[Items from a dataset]
******

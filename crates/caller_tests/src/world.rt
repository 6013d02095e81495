use cfdp_types::{Image, Octets};
use world_core::{EntityRefusal, World, WorldEvent};

/// Gives an entity of one thread a datagram. Returns the file that is complete with it, if any, once the entity was told that it is
/// kept. A program sends the PDUs of each answer, too, and starts and stops its timers.
fn receive(world: &mut World, datagram: Octets) -> Result<Option<Image>, EntityRefusal> {
    let done = world.step(&WorldEvent::Deliver(datagram))?;
    let Some(deposit) = done.deposit else {
        return Ok(None);
    };
    let image = world.image(deposit.key, deposit.stamp)?;
    world.step(&WorldEvent::Stored(deposit.key, deposit.stamp, true))?;
    Ok(Some(image))
}

// ---- the test

use entity_config::Config;
use std::test::*;

// The Metadata and the EOF of an empty file in class 1, from entity 1.
const METADATA: &[u8] = &[
    0x24, 0, 0x0A, 0, 1, 5, 2, 7, 0, 0, 0, 0, 0, 1, 0x61, 1, 0x62,
];

const EOF: &[u8] = &[0x24, 0, 0x0A, 0, 1, 5, 2, 4, 0, 0, 0, 0, 0, 0, 0, 0, 0];

#[test]
fn a_file_is_received(rt: HostRuntime) -> Result<(), Fail> {
    let alloc = rt.alloc();
    let mut world = World::open(alloc, Config::reference(alloc)?)?;
    assert!(rt;
        matches!(
            receive(&mut world, Octets::from_slice(alloc, METADATA)?),
            Ok(None)
        )
    );
    match receive(&mut world, Octets::from_slice(alloc, EOF)?) {
        Ok(Some(image)) => assert_eq!(rt; image.destination_name.as_slice(), b"b".as_slice()),
        _ => return Err(Fail::from("the file is there")),
    }
    Ok(())
}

******

# [Exercise]
Please show each line in the records above that contains "Some".

# [Response]
    let Some(deposit) = done.deposit else {
    Ok(Some(image))
        Ok(Some(image)) => assert_eq!(rt; image.destination_name.as_slice(), b"b".as_slice()),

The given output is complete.